If a line in the data below contains the word "UNNAMED", copy it out.
* * * * * * *
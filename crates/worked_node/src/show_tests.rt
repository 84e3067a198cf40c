//! What texts are, line by line and as JSON documents. The texts and their identifiers are those of `cases`, which
//! another SHA-256 gave.

use super::id_tests::PAYMENT;
use super::start_tests::{GENESIS, ends, ends_on, own_folder, remove, write_file};
use hosting::Process;
use std::fs::File;
use std::process::Abort;
use std::rt::Files;
use std::sync::Wait;
use std::thread::Threads;

/// The payment, whose signature is good under the scheme for tests.
const PAYMENT_SHOWN: &str =
    "transaction afd9fff1a7c82f9259b208652b718624b06a4648eaca7288e41ea8f5646e34e1
size 190
input 0000000000000000000000000000000000000000000000000000000000000000#0
output 0
  address key 0 72cd6e8422c407fb6d098690f1130b7ded7ec2f7f5e1d30bd9d521f015363793
  coin 910
fee 290
signature 0101010101010101010101010101010101010101010101010101010101010101 good
scripts hold
";

/// Under Ed25519 it isn't.
const SHOWN_BY_ED25519: &str =
    "transaction afd9fff1a7c82f9259b208652b718624b06a4648eaca7288e41ea8f5646e34e1
size 190
input 0000000000000000000000000000000000000000000000000000000000000000#0
output 0
  address key 0 72cd6e8422c407fb6d098690f1130b7ded7ec2f7f5e1d30bd9d521f015363793
  coin 910
fee 290
signature 0101010101010101010101010101010101010101010101010101010101010101 bad
scripts hold
";

/// A first block without transactions.
const BLOCK: &[&str] = &[
    "82840101f6582076be8b528d0075f7aae98d6fa57a6d3c83ae480a8469e668d7b0af968995ac7180",
];

const BLOCK_SHOWN: &str = "block 3b232b00fdf18aa5f2e408bd66e32ceb313459697b54313151494910541c08aa
size 40
number 1
slot 1
previous null
body_hash 76be8b528d0075f7aae98d6fa57a6d3c83ae480a8469e668d7b0af968995ac71
body_size 1
transactions 0
";

/// The script that asks for all of none.
const SCRIPT_SHOWN: &str = "script 310e8ad6fd176849a5667f8309d828a7aa48dd2d56e308ebe790babd1c7daf88
  all
";

/// The genesis of these tests.
const GENESIS_SHOWN: &str = "network 0
scheme test
min_fee_a 1
min_fee_b 100
min_utxo 10
max_tx_size 4096
max_body_size 65536
k 2
max_volatile 100
max_mempool 100
supply 1200
output 0
  address key 0 72cd6e8422c407fb6d098690f1130b7ded7ec2f7f5e1d30bd9d521f015363793
  coin 1200
";

/// The payment as a document.
const PAYMENT_JSON: &str =
    "{\"end\":null,\"fee\":290,\"id\":\"afd9fff1a7c82f9259b208652b718624b06a4648eaca7288e41ea8f5646e34e1\",\
    \"inputs\":[{\"index\":0,\
    \"transaction\":\"0000000000000000000000000000000000000000000000000000000000000000\"}],\"mint\":[],\
    \"outputs\":[{\"address\":{\"hash\":\"72cd6e8422c407fb6d098690f1130b7ded7ec2f7f5e1d30bd9d521f015363793\",\
    \"kind\":\"key\",\"network\":0},\"assets\":[],\"coin\":910}],\"scripts\":[],\"scripts_hold\":true,\
    \"signatures\":[{\"good\":true,\
    \"key\":\"0101010101010101010101010101010101010101010101010101010101010101\"}],\"size\":190,\
    \"start\":null}\n";

/// The block.
const BLOCK_JSON: &str =
    "{\"body_hash\":\"76be8b528d0075f7aae98d6fa57a6d3c83ae480a8469e668d7b0af968995ac71\",\"body_size\":1,\
    \"hash\":\"3b232b00fdf18aa5f2e408bd66e32ceb313459697b54313151494910541c08aa\",\"number\":1,\
    \"previous\":null,\"size\":40,\"slot\":1,\"transactions\":[]}\n";

/// The genesis.
const GENESIS_JSON: &str =
    "{\"era2_slot\":null,\"k\":2,\"max_body_size\":65536,\"max_mempool\":100,\"max_tx_size\":4096,\
    \"max_volatile\":100,\"max_volatile_bytes\":null,\"min_fee_a\":1,\"min_fee_b\":100,\"min_utxo\":10,\
    \"network\":0,\
    \"outputs\":[{\"address\":{\"hash\":\"72cd6e8422c407fb6d098690f1130b7ded7ec2f7f5e1d30bd9d521f015363793\",\
    \"kind\":\"key\",\"network\":0},\"coin\":1200}],\"per_asset\":null,\"scheme\":\"test\",\"supply\":1200}\n";

/// A value of 5 lovelace and of two assets of one policy, the first of which has the empty name, and the second 2^53
/// units: the least number that a document has in quotes.
const VALUE: &[u8] = b"8205a1 5820 0101010101010101010101010101010101010101010101010101010101010101
a2 4001 4161 1b0020000000000000";

const VALUE_SHOWN: &str = "coin 5
asset 0101010101010101010101010101010101010101010101010101010101010101 - 1
asset 0101010101010101010101010101010101010101010101010101010101010101 61 9007199254740992
";

const VALUE_JSON: &str = "{\"assets\":[{\"name\":\"\",\
    \"policy\":\"0101010101010101010101010101010101010101010101010101010101010101\",\"quantity\":1},\
    {\"name\":\"61\",\"policy\":\"0101010101010101010101010101010101010101010101010101010101010101\",\
    \"quantity\":\"9007199254740992\"}],\"coin\":5}\n";

/// Command lines that name nothing to be shown, and what clap's first line tells.
const UNNAMED: &[(&[&str], &str)] = &[
    (
        &["node", "show", "text"],
        "error: KIND is none of transaction, block, script, value, genesis and log\n..",
    ),
    (
        &["node", "show", "genesis"],
        "error: there is no FILE, which a genesis has to have\n..",
    ),
    (
        &["node", "show", "--scheme", "rsa", "script"],
        "error: SCHEME is none of test and ed25519\n..",
    ),
    (
        &["node", "id", "value"],
        "error: KIND is none of transaction, block and script\n..",
    ),
];

#[test]
fn nothing_to_be_shown(rt: HostRuntime) {
    for (words, told) in UNNAMED {
        ends(&rt, *words, 2, "", *told);
    }
}

/// The text of this kind in a file has these lines.
fn shows(
    rt: &(impl Abort
        + Files<File = File>
        + AllocGlobal
        + Threads
        + Wait
        + Process
        + Copy
        + Send
        + Sync
        + 'static),
    (kind, file): (&str, &str),
    printed: &str,
) {
    let words = ["node", "show", kind, file];
    ends(rt, words.as_slice(), 0, printed, "");
}

/// The transaction in a file has these lines under Ed25519.
fn shows_by_ed25519(
    rt: &(impl Abort
        + Files<File = File>
        + AllocGlobal
        + Threads
        + Wait
        + Process
        + Copy
        + Send
        + Sync
        + 'static),
    file: &str,
    printed: &str,
) {
    let words = ["node", "show", "--scheme", "ed25519", "transaction", file];
    ends(rt, words.as_slice(), 0, printed, "");
}

/// The text of this kind in a file is this document.
fn shows_json(
    rt: &(impl Abort
        + Files<File = File>
        + AllocGlobal
        + Threads
        + Wait
        + Process
        + Copy
        + Send
        + Sync
        + 'static),
    (kind, file): (&str, &str),
    printed: &str,
) {
    let words = ["node", "show", "--json", kind, file];
    ends(rt, words.as_slice(), 0, printed, "");
}

/// The genesis in a file isn't shown, for this fault.
fn refuses_genesis(
    rt: &(impl Abort
        + Files<File = File>
        + AllocGlobal
        + Threads
        + Wait
        + Process
        + Copy
        + Send
        + Sync
        + 'static),
    file: &str,
    told: &str,
) {
    let words = ["node", "show", "genesis", file];
    ends(rt, words.as_slice(), 1, "", told);
}

#[test]
fn texts_line_by_line(rt: HostRuntime) {
    let folder = own_folder(&rt);
    let payment = write_file(&rt, &folder, "payment", PAYMENT);
    shows(&rt, ("transaction", payment.as_str()), PAYMENT_SHOWN);
    shows_by_ed25519(&rt, payment.as_str(), SHOWN_BY_ED25519);
    let block = write_file(&rt, &folder, "block", BLOCK);
    shows(&rt, ("block", block.as_str()), BLOCK_SHOWN);
    let genesis = write_file(&rt, &folder, "genesis.toml", GENESIS);
    shows(&rt, ("genesis", genesis.as_str()), GENESIS_SHOWN);
    let bad = write_file(&rt, &folder, "bad.toml", &["k = 0\n"]);
    refuses_genesis(&rt, bad.as_str(), "genesis: 2 BadShape\n");
    remove(&rt, &folder);
}

#[test]
fn texts_as_documents(rt: HostRuntime) {
    let folder = own_folder(&rt);
    let payment = write_file(&rt, &folder, "payment", PAYMENT);
    shows_json(&rt, ("transaction", payment.as_str()), PAYMENT_JSON);
    let block = write_file(&rt, &folder, "block", BLOCK);
    shows_json(&rt, ("block", block.as_str()), BLOCK_JSON);
    let genesis = write_file(&rt, &folder, "genesis.toml", GENESIS);
    shows_json(&rt, ("genesis", genesis.as_str()), GENESIS_JSON);
    remove(&rt, &folder);
}

#[test]
fn value_on_standard_input(rt: HostRuntime) {
    let words = ["node", "show", "value"];
    ends_on(&rt, words.as_slice(), VALUE, (0, VALUE_SHOWN, ""));
    let told = "standard input is no value: CBOR of something else\n";
    ends_on(&rt, words.as_slice(), b"820580".as_slice(), (1, "", told));
    let told =
        "standard input is no value: malformed CBOR: the key at byte 5 is not after the key before it\n";
    let keys_back = b"82 05 a2 02 00 01 00".as_slice();
    ends_on(&rt, words.as_slice(), keys_back, (1, "", told));
    let json = ["node", "show", "--json", "value"];
    ends_on(&rt, json.as_slice(), VALUE, (0, VALUE_JSON, ""));
}

#[test]
fn script_on_standard_input(rt: HostRuntime) {
    let words = ["node", "show", "script"];
    let shown = (0, SCRIPT_SHOWN, "");
    ends_on(&rt, words.as_slice(), b"82 01 80".as_slice(), shown);
    let told = "standard input is no script: malformed CBOR: the text ends before its item does\n";
    ends_on(&rt, words.as_slice(), b"8201".as_slice(), (1, "", told));
}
* * * * * * *
Exercise solution =
const UNNAMED: &[(&[&str], &str)] = &[
    for (words, told) in UNNAMED {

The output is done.